When he raised his head to look at her, his dark eyes were clouded with pain. Is that the gout? Arianne wondered. Or is it me? "A strange and subtle folk, the Volantenes," he muttered, as he put the elephant aside. "I saw Volantis once, on my way to Norvos, where I first met Mellario. The bells were ringing, and the bears danced down the steps. Areo will recall the day."

...

Her father plucked up a cyvasse piece. "I must know how you learned that Quentyn was abroad. Your brother went with Cletus Yronwood, Maester Kedry, and three of Lord Yronwood's best young knights on a long and perilous voyage, with an uncertain welcome at its end. He has gone to bring us back our heart's desire."

She narrowed her eyes. "What is our heart's desire?"

"Vengeance." His voice was soft, as if he were afraid that someone might be listening. "Justice." Prince Doran pressed the onyx dragon into her palm with his swollen, gouty fingers, and whispered, "Fire and blood."

A black elephant, a red hand. Elephant is Volantis or Volantenes as Doran says, but this is symbolizing heraldry as well. Also Who is/was in Volantis? fAegon known as Young Griff. A reminder, during the first attacks  Jon the Con instructs on using no banners.

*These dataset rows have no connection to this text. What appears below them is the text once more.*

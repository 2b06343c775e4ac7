//! One question of linking.
ghost use Rattle.std.specs.Prelude.{◌≡◌, [], ◌∷◌, IfOk, IsTrue};
ghost use Rattle.class_model.specs.ModifiedUtf8.{is_plain_text};
ghost use Rattle.class_tree.specs.Answers.{Answers};
ghost use Rattle.class_tree.specs.Problems.{check};
ghost use Rattle.class_tree.specs.Problems as problems;

use crate::fault::{LinkFault, LinkRule};
use class_model::{Member, NoMemory, Text};
use std::alloc::Global;

/// Asks that a test holds of a class itself.
pub fn ask(alloc: Global, holds: bool, class: &Text, rule: LinkRule) -> Result<(), LinkFault>
    ensures { Answers (check class.now rule (IsTrue holds) ∷ []) result }
{
    if holds {
        return Ok(());
    }
    let class = class.copy()?;
    let member = itself(alloc)?;
    Err(LinkFault::Unlinked {
        class,
        member,
        rule,
    })
}

/// Asks that a test holds of the class of this name, whose bytes are plain.
pub(crate) fn ask_named(
    alloc: Global,
    holds: bool,
    name: &[u8],
    rule: LinkRule,
) -> Result<(), LinkFault>
    requires { IsTrue (is_plain_text name.now) }
    ensures { Answers (check name.now rule (IsTrue holds) ∷ []) result }
{
    if holds {
        return Ok(());
    }
    let class = Text::of_plain(alloc, name)?;
    ask(alloc, holds, &class, rule)
}

// No member.
fn itself(alloc: Global) -> Result<Member, NoMemory>
    ensures { IfOk result (λ member. member ≡ problems.itself) }
{
    let name = Text::of_plain(alloc, &[])?;
    let desc = name.copy()?;
    Ok(Member {
        flags: 0,
        name,
        desc,
    })
}
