//! The kinds of fields by their descriptors.
ghost use Rattle.std.specs.Prelude.{◌≡◌, ◌≤◌, ◌∷◌, ℕ, List};
ghost use Rattle.class_model.specs.Descriptors.{kind_of, type_of};
ghost use Rattle.constructor_methods.specs.Inner.ConstructorWords.{units_of_descs};

use class_model::{Kind, Text};

/// The kind of the values of a field of this descriptor.
pub(crate) fn field_kind(desc: &Text) -> Kind
    ensures { result ≡ kind_of (type_of desc.now) }
{
    match desc.bytes().split_first() {
        Some((first, _)) => kind_of_letter(*first),
        None => Kind::Ref,
    }
}

// The kind of the values of a field whose descriptor begins with this letter.
fn kind_of_letter(first: u8) -> Kind
    ensures { (rest : List ℕ) → result ≡ kind_of (type_of (first ∷ rest)) }
{
    if first == b'B' {
        Kind::Int
    } else if first == b'C' {
        Kind::Int
    } else if first == b'D' {
        Kind::Double
    } else if first == b'F' {
        Kind::Float
    } else if first == b'I' {
        Kind::Int
    } else if first == b'J' {
        Kind::Long
    } else if first == b'S' {
        Kind::Int
    } else if first == b'Z' {
        Kind::Int
    } else {
        Kind::Ref
    }
}

/// The local units of fields of these descriptors.
pub(crate) fn field_units(descs: &[Text]) -> u16
    requires { units_of_descs descs.now ≤ 64 }
    ensures { result ≡ units_of_descs descs.now }
{
    let mut units = 0;
    for desc in descs {
        units += field_kind(desc).units();
    }
    units
}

Quentyn’s fellowship of the ring was there as well. 

 Putting the elephant aside symbolizes both the Young Griff leaving Volantis and Doran setting aside Quentyn. 

Finally, he picks an Onyx dragon piece into his red hand, black dragon on a red field, and presses it into Arianne’s hand. Doran presses the dragon into Arianne’s hand, The black dragon on red field will be in Arianne’s hand. Or in other words, Doran is pressing Arianne on to find the black dragon and give him her hand while also giving her the kind of husband she so desired, a young lord with the looks of Dorkstar she found so attracrive.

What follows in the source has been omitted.